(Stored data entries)
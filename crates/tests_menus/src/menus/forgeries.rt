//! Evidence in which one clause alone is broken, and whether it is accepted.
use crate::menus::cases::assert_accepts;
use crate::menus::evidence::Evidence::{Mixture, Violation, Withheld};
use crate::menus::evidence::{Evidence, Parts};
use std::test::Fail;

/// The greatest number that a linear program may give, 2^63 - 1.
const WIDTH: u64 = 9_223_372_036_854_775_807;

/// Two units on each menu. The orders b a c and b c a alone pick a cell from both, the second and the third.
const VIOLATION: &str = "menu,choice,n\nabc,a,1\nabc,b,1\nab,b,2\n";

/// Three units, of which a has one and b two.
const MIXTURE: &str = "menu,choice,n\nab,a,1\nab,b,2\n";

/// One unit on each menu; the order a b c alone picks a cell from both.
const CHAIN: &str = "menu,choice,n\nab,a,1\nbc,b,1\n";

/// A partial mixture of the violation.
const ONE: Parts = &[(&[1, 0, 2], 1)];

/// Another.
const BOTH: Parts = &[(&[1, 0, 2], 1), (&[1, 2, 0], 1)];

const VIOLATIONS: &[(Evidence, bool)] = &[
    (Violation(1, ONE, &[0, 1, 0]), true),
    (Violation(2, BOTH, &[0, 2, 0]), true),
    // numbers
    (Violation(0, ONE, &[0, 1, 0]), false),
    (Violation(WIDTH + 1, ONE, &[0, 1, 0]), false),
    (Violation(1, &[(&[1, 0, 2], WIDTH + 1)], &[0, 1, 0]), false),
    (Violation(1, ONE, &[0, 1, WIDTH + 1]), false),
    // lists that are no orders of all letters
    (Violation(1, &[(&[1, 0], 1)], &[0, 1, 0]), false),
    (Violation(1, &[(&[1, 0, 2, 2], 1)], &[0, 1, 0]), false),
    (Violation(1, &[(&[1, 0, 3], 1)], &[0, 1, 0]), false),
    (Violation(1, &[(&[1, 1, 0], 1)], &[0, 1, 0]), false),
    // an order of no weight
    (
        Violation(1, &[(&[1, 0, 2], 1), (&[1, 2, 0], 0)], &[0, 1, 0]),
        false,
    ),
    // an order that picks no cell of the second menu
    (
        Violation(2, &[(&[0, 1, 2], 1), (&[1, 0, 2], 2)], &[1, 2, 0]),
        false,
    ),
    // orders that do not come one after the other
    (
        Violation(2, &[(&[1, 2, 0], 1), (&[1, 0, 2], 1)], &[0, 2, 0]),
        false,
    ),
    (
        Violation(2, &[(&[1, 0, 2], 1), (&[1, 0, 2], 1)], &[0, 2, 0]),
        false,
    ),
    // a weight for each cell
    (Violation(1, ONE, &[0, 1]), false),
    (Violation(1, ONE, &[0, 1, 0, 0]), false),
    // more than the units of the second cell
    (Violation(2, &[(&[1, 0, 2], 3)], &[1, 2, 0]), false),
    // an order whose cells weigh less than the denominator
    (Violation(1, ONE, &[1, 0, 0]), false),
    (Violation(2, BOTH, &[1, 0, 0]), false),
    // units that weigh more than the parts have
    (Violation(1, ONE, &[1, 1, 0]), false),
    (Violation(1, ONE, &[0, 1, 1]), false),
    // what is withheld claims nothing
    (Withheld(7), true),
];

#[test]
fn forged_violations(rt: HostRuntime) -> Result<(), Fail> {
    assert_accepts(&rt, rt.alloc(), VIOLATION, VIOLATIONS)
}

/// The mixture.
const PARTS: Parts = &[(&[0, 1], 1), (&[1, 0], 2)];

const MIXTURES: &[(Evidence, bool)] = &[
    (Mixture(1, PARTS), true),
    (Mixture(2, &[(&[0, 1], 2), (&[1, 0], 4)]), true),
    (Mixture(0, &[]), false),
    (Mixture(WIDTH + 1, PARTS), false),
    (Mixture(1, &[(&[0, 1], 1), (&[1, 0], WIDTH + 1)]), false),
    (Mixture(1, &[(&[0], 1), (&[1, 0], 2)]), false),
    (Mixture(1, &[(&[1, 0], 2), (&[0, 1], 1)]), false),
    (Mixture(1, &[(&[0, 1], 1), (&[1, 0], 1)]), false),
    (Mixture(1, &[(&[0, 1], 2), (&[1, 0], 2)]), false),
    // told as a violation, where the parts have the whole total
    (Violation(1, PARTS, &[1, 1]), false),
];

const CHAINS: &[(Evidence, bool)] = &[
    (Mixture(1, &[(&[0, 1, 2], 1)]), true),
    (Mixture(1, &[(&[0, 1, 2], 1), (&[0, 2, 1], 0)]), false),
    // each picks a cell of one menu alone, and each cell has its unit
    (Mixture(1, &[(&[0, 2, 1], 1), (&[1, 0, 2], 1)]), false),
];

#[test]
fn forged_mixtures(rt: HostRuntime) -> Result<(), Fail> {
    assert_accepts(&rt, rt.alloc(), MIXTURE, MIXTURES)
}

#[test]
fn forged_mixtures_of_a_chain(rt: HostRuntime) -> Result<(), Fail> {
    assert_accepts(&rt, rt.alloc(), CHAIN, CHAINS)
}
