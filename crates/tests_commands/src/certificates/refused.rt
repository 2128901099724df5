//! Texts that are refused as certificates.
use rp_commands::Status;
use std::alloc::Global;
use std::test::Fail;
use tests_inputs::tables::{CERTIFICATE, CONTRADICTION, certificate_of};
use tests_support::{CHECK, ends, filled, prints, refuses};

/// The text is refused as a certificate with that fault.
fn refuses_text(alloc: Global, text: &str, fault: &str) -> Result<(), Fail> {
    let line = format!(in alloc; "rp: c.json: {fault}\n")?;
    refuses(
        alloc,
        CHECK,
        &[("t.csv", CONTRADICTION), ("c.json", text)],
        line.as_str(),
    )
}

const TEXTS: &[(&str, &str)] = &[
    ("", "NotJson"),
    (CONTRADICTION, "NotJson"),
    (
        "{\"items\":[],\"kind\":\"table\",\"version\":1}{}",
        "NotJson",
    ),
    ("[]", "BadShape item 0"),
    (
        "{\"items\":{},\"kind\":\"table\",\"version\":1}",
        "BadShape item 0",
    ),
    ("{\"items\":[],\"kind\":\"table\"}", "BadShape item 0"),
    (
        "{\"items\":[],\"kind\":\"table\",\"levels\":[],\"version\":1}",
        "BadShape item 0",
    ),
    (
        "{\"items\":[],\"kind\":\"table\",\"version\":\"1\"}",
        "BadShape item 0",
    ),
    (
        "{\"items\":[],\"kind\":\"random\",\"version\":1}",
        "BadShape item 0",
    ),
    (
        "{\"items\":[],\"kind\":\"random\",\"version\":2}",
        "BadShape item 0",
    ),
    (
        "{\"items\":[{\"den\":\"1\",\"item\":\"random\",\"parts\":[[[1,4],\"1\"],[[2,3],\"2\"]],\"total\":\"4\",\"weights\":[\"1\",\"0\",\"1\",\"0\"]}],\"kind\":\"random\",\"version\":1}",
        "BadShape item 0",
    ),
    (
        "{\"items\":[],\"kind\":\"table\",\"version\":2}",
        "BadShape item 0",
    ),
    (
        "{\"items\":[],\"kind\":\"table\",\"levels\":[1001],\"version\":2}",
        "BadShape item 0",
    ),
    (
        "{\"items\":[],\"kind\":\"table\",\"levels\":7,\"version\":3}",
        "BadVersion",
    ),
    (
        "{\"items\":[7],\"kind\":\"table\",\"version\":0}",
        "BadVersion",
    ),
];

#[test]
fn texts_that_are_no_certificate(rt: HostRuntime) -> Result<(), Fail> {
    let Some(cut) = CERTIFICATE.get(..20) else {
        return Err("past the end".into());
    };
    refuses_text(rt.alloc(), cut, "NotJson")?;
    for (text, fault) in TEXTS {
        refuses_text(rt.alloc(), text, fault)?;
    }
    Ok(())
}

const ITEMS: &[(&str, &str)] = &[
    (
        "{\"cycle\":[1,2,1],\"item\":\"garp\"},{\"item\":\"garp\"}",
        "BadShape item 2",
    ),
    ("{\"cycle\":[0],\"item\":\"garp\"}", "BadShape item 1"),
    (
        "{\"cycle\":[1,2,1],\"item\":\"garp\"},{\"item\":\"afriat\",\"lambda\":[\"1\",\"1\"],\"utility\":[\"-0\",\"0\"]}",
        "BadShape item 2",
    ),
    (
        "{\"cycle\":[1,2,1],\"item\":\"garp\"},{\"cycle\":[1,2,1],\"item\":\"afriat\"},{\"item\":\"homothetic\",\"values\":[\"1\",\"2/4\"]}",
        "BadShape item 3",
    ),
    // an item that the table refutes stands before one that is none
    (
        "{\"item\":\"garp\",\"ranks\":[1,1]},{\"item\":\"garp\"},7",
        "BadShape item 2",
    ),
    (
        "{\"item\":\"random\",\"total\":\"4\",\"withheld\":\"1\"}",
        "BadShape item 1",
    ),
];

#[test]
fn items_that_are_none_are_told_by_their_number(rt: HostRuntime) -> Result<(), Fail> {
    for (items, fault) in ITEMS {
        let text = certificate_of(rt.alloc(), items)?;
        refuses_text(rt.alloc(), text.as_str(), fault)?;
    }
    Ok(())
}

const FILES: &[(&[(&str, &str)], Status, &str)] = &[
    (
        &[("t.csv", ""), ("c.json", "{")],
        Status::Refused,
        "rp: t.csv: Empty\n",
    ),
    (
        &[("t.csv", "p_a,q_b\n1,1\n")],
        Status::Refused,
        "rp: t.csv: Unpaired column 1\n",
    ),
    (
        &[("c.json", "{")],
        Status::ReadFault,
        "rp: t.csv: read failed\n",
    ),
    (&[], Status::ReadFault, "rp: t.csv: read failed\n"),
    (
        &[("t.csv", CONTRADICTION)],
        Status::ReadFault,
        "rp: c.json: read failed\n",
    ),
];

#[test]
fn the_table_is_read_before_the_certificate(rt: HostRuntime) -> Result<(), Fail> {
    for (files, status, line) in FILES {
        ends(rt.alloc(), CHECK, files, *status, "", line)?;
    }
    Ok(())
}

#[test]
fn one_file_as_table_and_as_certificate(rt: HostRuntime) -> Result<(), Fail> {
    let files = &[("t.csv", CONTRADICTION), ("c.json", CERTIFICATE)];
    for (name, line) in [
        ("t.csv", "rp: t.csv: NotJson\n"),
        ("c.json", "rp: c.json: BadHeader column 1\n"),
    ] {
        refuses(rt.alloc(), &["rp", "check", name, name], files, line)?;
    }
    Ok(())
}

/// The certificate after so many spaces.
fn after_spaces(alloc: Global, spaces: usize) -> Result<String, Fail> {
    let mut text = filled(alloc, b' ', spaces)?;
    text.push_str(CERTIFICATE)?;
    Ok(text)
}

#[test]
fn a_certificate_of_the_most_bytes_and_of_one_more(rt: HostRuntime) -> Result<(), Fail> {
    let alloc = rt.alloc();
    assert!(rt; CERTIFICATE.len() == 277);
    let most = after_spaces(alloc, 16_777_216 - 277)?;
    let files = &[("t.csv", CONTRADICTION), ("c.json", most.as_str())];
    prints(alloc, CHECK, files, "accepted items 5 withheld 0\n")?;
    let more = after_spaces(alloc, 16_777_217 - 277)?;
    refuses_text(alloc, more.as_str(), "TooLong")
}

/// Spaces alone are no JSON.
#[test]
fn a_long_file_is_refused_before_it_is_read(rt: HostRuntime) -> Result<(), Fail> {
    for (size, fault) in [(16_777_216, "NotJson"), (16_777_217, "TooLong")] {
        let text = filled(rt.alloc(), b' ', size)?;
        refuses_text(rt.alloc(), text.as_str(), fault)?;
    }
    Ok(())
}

Task to complete
Write out again, exactly, the lines from the start of the entries up to and including the one with "one and b two.". Nothing else belongs in the reply.

Your solution
filename crates/tests_menus/src/menus/forgeries.rt
//! Evidence in which one clause alone is broken, and whether it is accepted.
use crate::menus::cases::assert_accepts;
use crate::menus::evidence::Evidence::{Mixture, Violation, Withheld};
use crate::menus::evidence::{Evidence, Parts};
use std::test::Fail;

/// The greatest number that a linear program may give, 2^63 - 1.
const WIDTH: u64 = 9_223_372_036_854_775_807;

/// Two units on each menu. The orders b a c and b c a alone pick a cell from both, the second and the third.
const VIOLATION: &str = "menu,choice,n\nabc,a,1\nabc,b,1\nab,b,2\n";

/// Three units, of which a has one and b two.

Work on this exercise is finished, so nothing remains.